_Work to be completed_: The reply should consist of the full listing, written out exactly.

_Records shown_:
********************

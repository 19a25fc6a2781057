/// Where control is: an address of the text, the part of the instruction there, and the number of the stack of open
/// calls.
#[derive(Clone, Copy, Debug, PartialEq, Eq)]
pub(crate) struct Point {
    pub(crate) at: u32,
    pub(crate) part: u8,
    pub(crate) stack: u32,
}

/// The points that control goes to from a point, in order.
#[derive(Clone, Copy, Debug, PartialEq, Eq)]
pub(crate) struct Edges {
    pub(crate) first: Option<Point>,
    pub(crate) second: Option<Point>,
}
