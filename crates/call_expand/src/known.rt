ghost use Rattle.std.specs.Prelude.{◌≡◌, ◌+◌, ◌^◌, ◌<◌, List, [], ◌∷◌, ◌++◌, length, slice_get, Contains, MatchOption, OnOk};
ghost use Rattle.call_expand.specs.declared.point.Point.{Point};
ghost use Rattle.call_expand.specs.Numbers.{AreApart, AreNew, IsAdded};

use crate::point::Point;
use std::alloc::{AllocError, Global};
use std::collections::BTreeMap;
use std::marker::Model;

// The points so far in the order of their numbers, and the number of each. Its value is the list of the points.
#[derive(Drop)]
pub(crate) struct Known {
    points: Vec<Point>,
    numbers: BTreeMap<(u32, u8, u32), u32>,
}

impl Model for Known {
    ghost use Rattle.std.specs.Prelude.{List};
    ghost use Rattle.call_expand.specs.declared.point.Point.{Point};
    ghost use Rattle.call_expand.specs.Numbers.{AreNumbers};

    ghost Value = { List Point };

    ghost view = { λ known. known.points.items };

    ghost invariant = { λ known. AreNumbers known.points.items known.numbers };
}

impl Known {
    pub(crate) fn empty(alloc: Global) -> Self
        ensures { result ≡ [] }
    {
        Known {
            points: Vec::new(alloc),
            numbers: BTreeMap::new(alloc),
        }
    }

    pub(crate) fn points(&self) -> &[Point]
        ensures { result.now ≡ self.now }
    {
        &self.points
    }

    pub(crate) fn into_points(self) -> Vec<Point>
        ensures same { result.items ≡ self }
        ensures apart { AreApart self }
    {
        self.points
    }

    // The number of a point, where it has one.
    pub(crate) fn number_of(&self, point: Point) -> Option<u32>
        ensures { MatchOption result (Contains self.now point → ⊥)
            (λ number. slice_get self.now number ≡ Some point) }
    {
        self.numbers
            .get(&(point.at, point.part, point.stack))
            .copied()
    }

    // Gives a point the next number.
    pub(crate) fn add(&mut self, point: Point) -> Result<(), AllocError>
        requires new { Contains self.old point → ⊥ }
        requires room { length self.old < 2 ^ 32 }
        ensures { OnOk result (self.new ≡ self.old ++ point ∷ []) }
    {
        let number = self.points.len() as u32;
        // Takes the room first, so that the map numbers listed points alone, even where memory runs out.
        self.points.reserve(1)?;
        self.numbers
            .insert((point.at, point.part, point.stack), number)?;
        self.points.push_reserved(point);
        Ok(())
    }

    // Numbers a point that has no number yet.
    fn add_if_new(&mut self, point: Point) -> Result<(), AllocError>
        requires { length self.old < 2 ^ 32 }
        ensures { OnOk result (IsAdded self.old point self.new) }
    {
        match self.number_of(point) {
            Some(_) => Ok(()),
            None => self.add(point),
        }
    }

    // Numbers those points that have no number yet, in their order.
    pub(crate) fn add_new(&mut self, points: &[Point]) -> Result<(), AllocError>
        requires { length self.old + length points.now < 2 ^ 32 }
        ensures { OnOk result ((more : List Point) × (self.new ≡ self.old ++ more) × AreNew self.old points.now more) }
    {
        for point in points {
            self.add_if_new(*point)?;
        }
        Ok(())
    }
}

********************

_Answer for the task_:
repository 19a25fc6a2781057
/// Where control is: an address of the text, the part of the instruction there, and the number of the stack of open
/// calls.
#[derive(Clone, Copy, Debug, PartialEq, Eq)]
pub(crate) struct Point {
    pub(crate) at: u32,
    pub(crate) part: u8,
    pub(crate) stack: u32,
}

/// The points that control goes to from a point, in order.
#[derive(Clone, Copy, Debug, PartialEq, Eq)]
pub(crate) struct Edges {
    pub(crate) first: Option<Point>,
    pub(crate) second: Option<Point>,
}
filename crates/call_expand/src/known.rt
ghost use Rattle.std.specs.Prelude.{◌≡◌, ◌+◌, ◌^◌, ◌<◌, List, [], ◌∷◌, ◌++◌, length, slice_get, Contains, MatchOption, OnOk};
ghost use Rattle.call_expand.specs.declared.point.Point.{Point};
ghost use Rattle.call_expand.specs.Numbers.{AreApart, AreNew, IsAdded};

use crate::point::Point;
use std::alloc::{AllocError, Global};
use std::collections::BTreeMap;
use std::marker::Model;

// The points so far in the order of their numbers, and the number of each. Its value is the list of the points.
#[derive(Drop)]
pub(crate) struct Known {
    points: Vec<Point>,
    numbers: BTreeMap<(u32, u8, u32), u32>,
}

impl Model for Known {
    ghost use Rattle.std.specs.Prelude.{List};
    ghost use Rattle.call_expand.specs.declared.point.Point.{Point};
    ghost use Rattle.call_expand.specs.Numbers.{AreNumbers};

    ghost Value = { List Point };

    ghost view = { λ known. known.points.items };

    ghost invariant = { λ known. AreNumbers known.points.items known.numbers };
}

impl Known {
    pub(crate) fn empty(alloc: Global) -> Self
        ensures { result ≡ [] }
    {
        Known {
            points: Vec::new(alloc),
            numbers: BTreeMap::new(alloc),
        }
    }

    pub(crate) fn points(&self) -> &[Point]
        ensures { result.now ≡ self.now }
    {
        &self.points
    }

    pub(crate) fn into_points(self) -> Vec<Point>
        ensures same { result.items ≡ self }
        ensures apart { AreApart self }
    {
        self.points
    }

    // The number of a point, where it has one.
    pub(crate) fn number_of(&self, point: Point) -> Option<u32>
        ensures { MatchOption result (Contains self.now point → ⊥)
            (λ number. slice_get self.now number ≡ Some point) }
    {
        self.numbers
            .get(&(point.at, point.part, point.stack))
            .copied()
    }

    // Gives a point the next number.
    pub(crate) fn add(&mut self, point: Point) -> Result<(), AllocError>
        requires new { Contains self.old point → ⊥ }
        requires room { length self.old < 2 ^ 32 }
        ensures { OnOk result (self.new ≡ self.old ++ point ∷ []) }
    {
        let number = self.points.len() as u32;
        // Takes the room first, so that the map numbers listed points alone, even where memory runs out.
        self.points.reserve(1)?;
        self.numbers
            .insert((point.at, point.part, point.stack), number)?;
        self.points.push_reserved(point);
        Ok(())
    }

    // Numbers a point that has no number yet.
    fn add_if_new(&mut self, point: Point) -> Result<(), AllocError>
        requires { length self.old < 2 ^ 32 }
        ensures { OnOk result (IsAdded self.old point self.new) }
    {
        match self.number_of(point) {
            Some(_) => Ok(()),
            None => self.add(point),
        }
    }

    // Numbers those points that have no number yet, in their order.
    pub(crate) fn add_new(&mut self, points: &[Point]) -> Result<(), AllocError>
        requires { length self.old + length points.now < 2 ^ 32 }
        ensures { OnOk result ((more : List Point) × (self.new ≡ self.old ++ more) × AreNew self.old points.now more) }
    {
        for point in points {
            self.add_if_new(*point)?;
        }
        Ok(())
    }
}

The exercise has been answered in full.